# 助ける人がどこにいるかわかる機械



## mihi

Hey all!

I am having trouble understanding how this sentence fits together.

「ドローンには人から出る熱を感じて、助ける人がどこにいるかわかる機械が付いています。」

Okay, so given that 「わかる」 is intransitive, 「助ける人がどこにいるかわかる」 must (somewhat literally) mean "it becomes known where the people to help are", which makes sense grammatically, but how can 「機械」 be modified by an intransitive expression such as this?
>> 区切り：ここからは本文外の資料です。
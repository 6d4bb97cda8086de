//! The answers to the messages of a session of 9P, by the replies to its script's events.
#![tactic(auto)]

mod answers;
mod found;
mod printed;
mod replied;
mod replies;
mod said;
mod session;

pub use answers::answers_by;
pub use found::Found;
pub use replied::{is_told, replied_bytes};
pub use said::said_bytes;
pub use session::request_of;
In my mind 「助ける人がどこにいるかわかる機械」 would give "a machine that it becomes known where the people to help are", which is nonsense, because the intransitive verb is referring to the people and not the machine.
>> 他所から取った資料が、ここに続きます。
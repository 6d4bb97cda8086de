//! A session as far as it was served.
ghost use Rattle.std.specs.Prelude.{◌≡◌, ◌≤◌, ◌&&◌, [], IfOk, OnOk, IfSome, Some, option_copied};
ghost use Rattle.net_base.specs.declared.world.Step.TheVariants as step;
ghost use Rattle.net_base.specs.Steps as steps;
ghost use Rattle.net_base.specs.NinepMessages.{IsTmsg, longest};
ghost use Rattle.script_task.specs.Effects.{opened_file, settles_effect};
ghost use Rattle.session_answers.specs.Found.{found_lines};
ghost use Rattle.session_answers.specs.Served.{IsServed, Reaches, asked_request, is_grant, served, session_state};
ghost use Rattle.session_answers.specs.Told as told;
ghost use Rattle.session_script.specs.Seen.{seen_table};
ghost use Rattle.net_base.specs.SessionAnswers.{found_after, found_by};
ghost use Rattle.net_base.specs.SessionScript.{table_next};
ghost use Rattle.net_base.specs.Server.{Gives, outcome_by};
ghost use Rattle.net_base.specs.Session as spec;

use crate::found::Found;
use crate::replied::replied_bytes;
use crate::replies::Replies;
use crate::said::said_bytes;
use ndb_index::IndexedVersions;
use net_base::{Db, Entries, Event, Mode, Octets, Reply, Step, Version};
use ninep_wire::Tmsg;
use script_task::{Effect, Names, Request, effects_settle, is_accepted, plan};
use session_script::{Table, step_of};
use std::alloc::{AllocError, Global};
use std::sync::Arc;

/// What was heard, the lines of cs, and the names that the script has bound.
#[derive(Drop)]
pub struct Session {
    pub table: Table,
    pub found: Found,
    pub names: Names,
    pub host: u32,
    alloc: Global,
}

impl Session {
    /// A session of a host before its first message.
    pub fn new(alloc: Global, host: u32) -> Result<Session, AllocError>
        ensures state { IfOk result (λ s. session_state s ≡ spec.first) }
        ensures host { IfOk result (λ s. s.host ≡ host) }
    {
        Ok(Session {
            table: Table::new(alloc),
            found: Found::new(alloc),
            names: no_names(alloc)?,
            host,
            alloc,
        })
    }

    /// Serves a message: the bytes of its answer, or none where its step isn't answered.
    pub fn serve<E: Entries>(
        &mut self,
        message: &Tmsg,
        replies: &mut Replies<'_, E>,
    ) -> Result<Option<Octets>, AllocError>
        requires message { IsTmsg message.now }
        requires short { self.old.table.msize ≤ longest }
        ensures served { IfOk result (λ answer.
            outcome_by ((told.session_of self.old.host).serves (session_state self.old) message.now) replies.old
            ≡ served answer (session_state self.new) replies.new) }
        ensures heard { IfOk result (λ answer. IfSome answer
            (λ bytes. seen_table self.new.table ≡ table_next (seen_table self.old.table) message.now)) }
        ensures host { self.new.host ≡ self.old.host }
    {
        match step_of(self.alloc, &self.table, message)? {
            None => Ok(Some(self.tell(message)?)),
            Some(step) => self.play_and_answer(step, message, replies),
        }
    }

    // The answer to a message without a step.
    fn tell(&mut self, message: &Tmsg) -> Result<Octets, AllocError>
        requires message { IsTmsg message.now }
        requires short { self.old.table.msize ≤ longest }
        ensures told { IfOk result (λ answer. spec.told (session_state self.old) message.now
            ≡ Gives answer (session_state self.new)) }
        ensures heard { OnOk result (seen_table self.new.table ≡ table_next (seen_table self.old.table) message.now) }
        ensures host { self.new.host ≡ self.old.host }
    {
        let bytes = said_bytes(self.alloc, &self.table, &self.found, message)?;
        self.hear(message)?;
        Ok(bytes)
    }

    // Plays the step of a message and answers it.
    fn play_and_answer<E: Entries>(
        &mut self,
        step: Step,
        message: &Tmsg,
        replies: &mut Replies<'_, E>,
    ) -> Result<Option<Octets>, AllocError>
        requires message { IsTmsg message.now }
        requires short { self.old.table.msize ≤ longest }
        requires step { IsServed step }
        ensures served { IfOk result (λ answer.
            outcome_by (told.steps_by self.old.host (session_state self.old) message.now (Some step)) replies.old
            ≡ served answer (session_state self.new) replies.new) }
        ensures heard { IfOk result (λ answer. IfSome answer
            (λ bytes. seen_table self.new.table ≡ table_next (seen_table self.old.table) message.now)) }
        ensures host { self.new.host ≡ self.old.host }
    {
        match self.play(step, replies)? {
            None => Ok(None),
            Some(reply) => Ok(Some(self.answer(message, reply)?)),
        }
    }

    // The answer to a message by the last reply of its step.
    fn answer(&mut self, message: &Tmsg, reply: &Reply) -> Result<Octets, AllocError>
        requires message { IsTmsg message.now }
        requires short { self.old.table.msize ≤ longest }
        ensures told { IfOk result (λ answer.
            told.last_by (session_state self.old) message.now self.old.names.names (Some reply.now)
            ≡ Gives answer (session_state self.new)) }
        ensures heard { OnOk result (seen_table self.new.table ≡ table_next (seen_table self.old.table) message.now) }
        ensures host { self.new.host ≡ self.old.host }
    {
        let bytes = replied_bytes(self.alloc, &self.table, message, reply)?;
        self.keep_lines(message, reply)?;
        self.table.hear(self.alloc, message)?;
        Ok(bytes)
    }

    // Takes a message that had no step.
    fn hear(&mut self, message: &Tmsg) -> Result<(), AllocError>
        ensures table { OnOk result (seen_table self.new.table ≡ table_next (seen_table self.old.table) message.now) }
        ensures found { OnOk result (found_lines self.new.found ≡ found_after (found_lines self.old.found)
            message.now) }
        ensures names { self.new.names ≡ self.old.names }
        ensures host { self.new.host ≡ self.old.host }
    {
        self.found.hear(message);
        self.table.hear(self.alloc, message)
    }

    // Plays a step: the reply to its last event.
    fn play<'r, E: Entries>(
        &mut self,
        step: Step,
        replies: &mut Replies<'r, E>,
    ) -> Result<Option<&'r Reply>, AllocError>
        requires { IsServed step }
        ensures plays { IfOk result (λ reply. Reaches self.old.host self.old.names.names step replies.old
            self.new.names.names (option_copied reply) replies.new) }
        ensures table { self.new.table ≡ self.old.table }
        ensures found { self.new.found ≡ self.old.found }
        ensures host { self.new.host ≡ self.old.host }
    {
        effects_settle();
        let request = request_of(step);
        let planned = plan(self.host, &self.names, request);
        let Some(reply) = replies.next() else {
            return Ok(None);
        };
        let more = goes_on(&planned.event, reply);
        settle(&mut self.names, planned.effect, reply)?;
        if more {
            return Ok(replies.next());
        }
        Ok(Some(reply))
    }

    // A write to cs leaves its lines to be read, and they go with their fid.
    fn keep_lines(&mut self, message: &Tmsg, reply: &Reply) -> Result<(), AllocError>
        ensures found { OnOk result (found_lines self.new.found ≡ found_by (seen_table self.old.table)
            (found_lines self.old.found) message.now reply.now) }
        ensures table { self.new.table ≡ self.old.table }
        ensures names { self.new.names ≡ self.old.names }
        ensures host { self.new.host ≡ self.old.host }
    {
        match message {
            Tmsg::Write { fid, .. } => {
                self.found
                    .keep_written(self.alloc, &self.table, *fid, reply)
            }
            _ => {
                self.found.hear(message);
                Ok(())
            }
        }
    }
}

// No name, and a database without a tuple: no message is a step that asks one.
fn no_names(alloc: Global) -> Result<Names, AllocError>
    ensures { IfOk result (λ names. names.names ≡ steps.no_names []) }
{
    let empty = Version {
        moment: 0,
        db: Db::new(alloc),
    };
    let dbs = IndexedVersions::new(alloc, &[empty])?;
    Ok(Names::new(alloc, Arc::new(alloc, dbs)?))
}

/// What a step of a session asks for.
pub fn request_of(step: Step) -> Request
    requires { IsServed step }
    ensures { result ≡ asked_request step }
{
    match step {
        Step::Open { name, path, mode } => open_of(name, path, mode),
        Step::Read { name, count } => Request::Read { name, count },
        Step::Writex { name, text } => Request::Write { name, text },
        Step::Close { name } => Request::Close { name },
        Step::Cs { query } => Request::Cs { query },
        _ => Request::Until { moment: 0 },
    }
}

fn open_of(name: Octets, path: Octets, mode: Option<Mode>) -> Request
    ensures { result ≡ asked_request (step.Open name path mode) }
{
    match mode {
        Some(mode) => Request::Open { name, path, mode },
        None => Request::Until { moment: 0 },
    }
}

// The names after the reply to a request.
fn settle(names: &mut Names, effect: Effect, reply: &Reply) -> Result<(), AllocError>
    ensures { OnOk result (names.new ≡ settles_effect effect (opened_file effect reply.now) names.old) }
{
    let opened = effect.opened(reply);
    effect.settle(names, opened)
}

// After a grant that isn't refused the conversation is awaited.
fn goes_on(event: &Event, reply: &Reply) -> bool
    ensures { result ≡ (is_grant event.now && steps.is_accepted reply.now) }
{
    matches!(event, Event::Grant { .. }) && is_accepted(reply)
}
What mistakes am I making in parsing this sentence?

Many thanks!


----------



## Flaminius

わかる is an exceptional transitive verb that marks its subject by _-ni_ its object  _-ga_.


----------



## DaylightDelight

This sentence is not very well written -- not exactly wrong, but not crystal clear neither.
In this case, わかる is a transitive verb meaning "to understand".
The whole sentence translate as this:
A drone has a device that senses the heat emitted by people to know where people to help are.
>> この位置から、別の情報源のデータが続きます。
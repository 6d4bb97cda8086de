//! Replies as a history prints them.
ghost use Rattle.std.specs.Prelude.{◌≡◌, ◌<◌, ◌≤◌, ◌^◌, true, drop, length, IfOk, OnOk};
ghost use Rattle.net_base.specs.declared.reply.Reply.TheVariants as reply;
ghost use Rattle.session_answers.specs.Told as spec;
ghost use Rattle.net_base.specs.SessionAnswers.{longest_error, printed as whole};

use net_base::{Octets, Pair, Reply};
use std::alloc::{AllocError, Global};
use transcript::put_reply;

/// A brief reply as a history prints it, without the blank before it.
pub fn printed(alloc: Global, reply: &Reply) -> Result<Octets, AllocError>
    ensures text { IfOk result (λ text. text ≡ spec.told_reply_text reply.now) }
    ensures short { OnOk result (length (spec.told_reply_text reply.now) ≤ longest_error) }
{
    let mut words = Octets::new(alloc);
    if is_brief(reply) {
        put_reply(&mut words, reply)?;
    }
    Octets::from_slice(alloc, behind_first(words.as_slice()))
}

/// Whether the reply is brief.
pub fn is_brief(reply: &Reply) -> bool
    ensures is { result ≡ spec.is_brief reply.now }
    ensures short { length (spec.told_reply_text reply.now) ≤ longest_error }
{
    match reply {
        Reply::CsRefused { number } => is_number(*number),
        Reply::Granted { pair, start, limit } => is_grant(pair, *start, *limit),
        Reply::PairUsed { k } => is_count(*k),
        Reply::PortTaken { slot } => is_number(*slot),
        Reply::TooLong { length, limit } => are_numbers(*length, *limit),
        Reply::BadCtl { number } => is_number(*number),
        Reply::NoFile => true,
        Reply::BadMode => true,
        Reply::BadFid => true,
        Reply::NoSlot => true,
        Reply::WrongState { .. } => true,
        Reply::NoRoute => true,
        Reply::NoPort => true,
        Reply::SelfPair => true,
        Reply::Stale => true,
        Reply::Hungup { .. } => true,
        Reply::NotOpen => true,
        Reply::ZeroWrite => true,
        _ => false,
    }
}

// A number of a reply has at most 20 digits.
fn is_number(number: u32) -> bool
    ensures is { result ≡ true }
    ensures few { number < 2 ^ 64 }
{
    true
}

fn is_count(count: u64) -> bool
    ensures is { result ≡ true }
    ensures few { count < 2 ^ 64 }
{
    true
}

fn are_numbers(count: u64, number: u32) -> bool
    ensures is { result ≡ true }
    ensures few { (count < 2 ^ 64) × (number < 2 ^ 64) }
{
    true
}

fn is_address(ip: u32, port: u16) -> bool
    ensures is { result ≡ true }
    ensures few { (ip < 2 ^ 32) × (port < 2 ^ 16) }
{
    true
}

// A grant has two addresses and two numbers.
fn is_grant(pair: &Pair, start: u32, limit: u32) -> bool
    ensures is { result ≡ true }
    ensures short { length (whole (reply.Granted pair.now start limit)) ≤ longest_error }
{
    let local = is_address(pair.local.ip, pair.local.port);
    let remote = is_address(pair.remote.ip, pair.remote.port);
    let first = is_number(start);
    let last = is_number(limit);
    (local == remote) == (first == last)
}

fn behind_first(bytes: &[u8]) -> &[u8]
    ensures { result.now ≡ drop 1 bytes.now }
{
    if bytes.is_empty() {
        return bytes;
    }
    &bytes[1..]
}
I'd use 判断する (=decide) instead of わかる。


----------



## SoLaTiDoberman

I have an objection to #3.
I think the sentence is crystal clear, maybe because I know what ドローン is.
To me, the sentence is very natural and well written.
I think わかる makes sense perfectly here.

「ドローンには人から出る熱を感じて、(ドローンの操作者に）助ける人がどこにいるかがわかる機械が付いています。」
A drone has a device that senses the heat emitted by humans and let the operator know where the humans to help are.

If the sentence were, "ドロイドには人から出る熱を感じて、助ける人がどこにいるかわかる機械がついています,"
I would agree that the ambiguity remains whether the subject of "know" is the _droid _or the _operator (human) of the droid. (_But in this context, I would decide that the subject is ドロイド.)

(@DaylightDelightさん：　わたしは、この原文は、簡潔にうまく書けているように思われます。（とても日本語らしい日本語と思います。）どのへんがマズいのでしょうか。そしてどう修正するとより良い文章になるでしょうか。）
「_ドローンには人から出る熱を感じて、助ける人がどこにいるか判断する機械が付いています。_」ですか？


----------



## frequency

SoLaTiDoberman said:


> To me, the sentence is very natural and well written.


To me, too.


----------



## DaylightDelight

@SoLaTiDoberman さん、
うーん、実はあまり深く考えて書いたわけではないのですが、とにかく私は「わかる」の使い方に違和感を覚えたのです。
「わかる」の主語があいまいなような…この文単体で考えるとわかるの主語となりうるのはドローンだけですが、そうするとなんとなくしっくりこないのです。ドローンの操縦者というのは思いつきもしませんでした。


SoLaTiDoberman said:


> 「_ドローンには人から出る熱を感じて、助ける人がどこにいるか判断する機械が付いています。_」ですか？


より良いかどうかはともかく、少なくともこの文では「判断する」の主体が「機械」であることが明確だと感じられます。「判断する機械」が付いている、ということになるので、もしかしたらOPとは意味合いが変わってしまうかもしれませんが。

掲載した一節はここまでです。